Christmas thoughts

Categories: uncategorized

Date: 24 December 2008 11:36:25

I doubt we'll be on the computer tomorrow, so I take this opportunity to wish you all a really lovely Christmas and to thank you, too, for your amazing support for us through all the traumas (and delights, she says, as she hears frantic squeaking from the far corner of the room!) of this year.

Two years someone said to me that Christmas was the worst possible time for my dad to die. But what better time? The message of Christmas is that God loved us far too much to allow death to be the end. The promise of eternal life is never stronger than at Christmas or at Easter. If that baby hadn't been born in Bethlehem, then there'd have been more need to mourn the loss of my Dad.

That hope and promise is just as important to me today. The birth of Christ was a clear signal from God that we are not alone, even in our darkest hour.
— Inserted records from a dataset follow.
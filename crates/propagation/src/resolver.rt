//! Predictions of trip updates.
ghost use Rattle.std.specs.Prelude.{◌≡◌, ◌<◌, ◌^◌, ◌+ℤ◌, true, Some, IfOk, IfSome, length, option_map};
ghost use Rattle.rt_day.specs.Date.{IsYearInRange};
ghost use Rattle.timetable.specs.Lookups.{IsTrip, IsTripOf, tables_in};
ghost use Rattle.timetable.specs.Maps.{Text};
ghost use Rattle.trip_calendar.specs.Zones.{zone_of};
ghost use Rattle.propagation.specs.Predictions.{AreOver, IsPrediction, HasZero, IsTiming, is_canceled};
ghost use Rattle.propagation.specs.Setters.{IsZero, is_scheduled};
ghost use Rattle.propagation.specs.Stops.{stops_of};

use crate::matching::Matching;
use crate::predictions::Predictions;
use crate::rows::{canceled_rows, put_unmatched, stated_rows};
use crate::setting::is_scheduled;
use crate::stops::Stops;
use crate::walk::Walk;
use feed_values::{TripDescriptor, TripUpdate};
use rt_day::Day;
use std::alloc::{AllocError, Global};
use timetable::{Timetable, TripNo};
use trip_calendar::{Zone, origin, service_day, shift};

/// CANCELED, in the `schedule_relationship` of a trip.
const CANCELED: u32 = 3;

/// Predicts stop events over a timetable whose times are those of a zone.
#[derive(Clone, Copy)]
pub struct Resolver<'a> {
    table: &'a Timetable,
    zone: &'a Zone,
}

/// A trip on its service day, and the zero from which its times count, in POSIX seconds.
#[derive(Clone, Copy)]
struct Timing {
    trip: TripNo,
    day: Day,
    zero: i128,
}

fn is_canceled(trip: &TripDescriptor) -> bool
    ensures { result ≡ is_canceled trip.now }
{
    trip.schedule_relationship.unwrap_or(0) == CANCELED
}

// As much later than an origin as a shift says.
fn shifted(origin: i64, shift: Option<i64>) -> Option<i128>
    ensures value { result ≡ option_map (λ s. origin +ℤ s) shift }
    ensures small { IfSome result IsZero }
{
    match shift {
        Some(shift) => Some(origin as i128 + shift as i128),
        None => None,
    }
}

impl<'a> Resolver<'a> {
    pub fn new(table: &'a Timetable, zone: &'a Zone) -> Resolver<'a>
        ensures table { result.table.now ≡ table.now }
        ensures zone { result.zone.now ≡ zone.now }
    {
        Resolver { table, zone }
    }

    /// What is predicted of a trip update at a moment, in POSIX seconds.
    ///
    /// A canceled trip has one row. In scheduled mode, which is where the trip is known, its relationship is SCHEDULED or not
    /// given, and it has a service day and a shift, each arrival and departure has a row: by the update of its stop where
    /// that is SKIPPED or states its time, else by the last update or trip delay that sets a delay at or before it. Each
    /// update that matches no stop has a row too. Otherwise each time that an update states has a row. (GTFS Realtime
    /// Reference, "Trip Updates".)
    pub fn predict(
        &self,
        alloc: Global,
        update: &TripUpdate,
        moment: u64,
    ) -> Result<Predictions, AllocError>
        requires { length update.now.stop_time_update < 2 ^ 32 }
        ensures { IfOk result (IsPrediction (tables_in self.now.table.now) (zone_of self.now.zone.now) update.now moment) }
    {
        if is_canceled(&update.trip) {
            let rows = canceled_rows(alloc)?;
            return Ok(Predictions::new(None, Vec::new(alloc), rows));
        }
        match self.timing(alloc, &update.trip, moment)? {
            Some(timing) => self.scheduled(alloc, timing, update),
            None => {
                let rows = stated_rows(alloc, update.stop_time_update.as_slice())?;
                Ok(Predictions::new(None, Vec::new(alloc), rows))
            }
        }
    }

    // When a trip runs, in scheduled mode.
    fn timing(
        &self,
        alloc: Global,
        trip: &TripDescriptor,
        moment: u64,
    ) -> Result<Option<Timing>, AllocError>
        ensures { IfOk result (IsTiming self.now.table.now (zone_of self.now.zone.now) trip.now moment) }
    {
        if !is_scheduled(trip.schedule_relationship) {
            return Ok(None);
        }
        let Some(id) = &trip.trip_id else {
            return Ok(None);
        };
        match self.table.trip(id.as_str()) {
            Some(number) => self.timing_of(alloc, number, trip, moment),
            None => Ok(None),
        }
    }

    // When a trip of trips.txt runs.
    fn timing_of(
        &self,
        alloc: Global,
        number: TripNo,
        trip: &TripDescriptor,
        moment: u64,
    ) -> Result<Option<Timing>, AllocError>
        requires number { IsTrip self.now.table.now number }
        requires scheduled { is_scheduled trip.now.schedule_relationship ≡ true }
        ensures { (id : Text) → IsTripOf self.now.table.now number id → trip.now.trip_id ≡ Some id
            → IfOk result (IsTiming self.now.table.now (zone_of self.now.zone.now) trip.now moment) }
    {
        match service_day(alloc, self.table, self.zone, trip, moment)? {
            Some(day) => match self.zero(alloc, day, shift(self.table, number, trip))? {
                Some(zero) => Ok(Some(Timing {
                    trip: number,
                    day,
                    zero,
                })),
                None => Ok(None),
            },
            None => Ok(None),
        }
    }

    // The zero of a trip with a shift on a day, in POSIX seconds.
    fn zero(&self, alloc: Global, day: Day, shift: Option<i64>) -> Result<Option<i128>, AllocError>
        requires { IsYearInRange day.number }
        ensures { IfOk result (HasZero (zone_of self.now.zone.now) day.number shift) }
    {
        match origin(alloc, self.zone, day)? {
            Some(origin) => Ok(shifted(origin, shift)),
            None => unreachable!(),
        }
    }

    // What is predicted in scheduled mode.
    fn scheduled(
        &self,
        alloc: Global,
        timing: Timing,
        update: &TripUpdate,
    ) -> Result<Predictions, AllocError>
        requires few { length update.now.stop_time_update < 2 ^ 32 }
        requires trip { IsTrip self.now.table.now timing.trip }
        requires day { IsYearInRange timing.day.number }
        requires zero { IsZero timing.zero }
        ensures { (id : Text) → IsTripOf self.now.table.now timing.trip id → IfOk result (λ p.
            AreOver (stops_of (tables_in self.now.table.now) id) update.now timing.day.number timing.zero p) }
    {
        let stops = Stops::new(self.table, timing.trip);
        let updates = update.stop_time_update.as_slice();
        let matching = Matching::new(alloc, &stops, updates)?;
        let mut walk = Walk::new(alloc, update.delay)?;
        walk.pass_all(alloc, timing.zero, &stops, updates, &matching)?;
        let Walk { setters, mut rows } = walk;
        put_unmatched(alloc, updates, matching.places(), &mut rows)?;
        Ok(Predictions::new(Some(timing.day), setters, rows))
    }
}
That He loves and cares so much for us that He was willing to take on tremendous suffering in order to bring us into the light.

Though not a Catholic, I think often of Mary at Christmas - in fact, ever since taking on the role of Mary for the nativity play on Ship of Fools I've felt a strong empathy. When you adopt a child, you're told that it's not going to be easy, that there'll be heartache and trauma - Mary knew that too when she accepted God's will for her, and more so by far than what we're going through. It's a scary thing to say to God "I trust you. I will do what you ask of me". Yet Mary did it, and at such an early age too. A single mother for a time, too.

The worries of tomorrow will wait until the time is right, and I have to trust that God will be there by my side every step of the way as I make decisions and wait for decisions to be made which will affect my life and the lives of those I love. But for the moment there is only one thing of importance. The birth of a Saviour.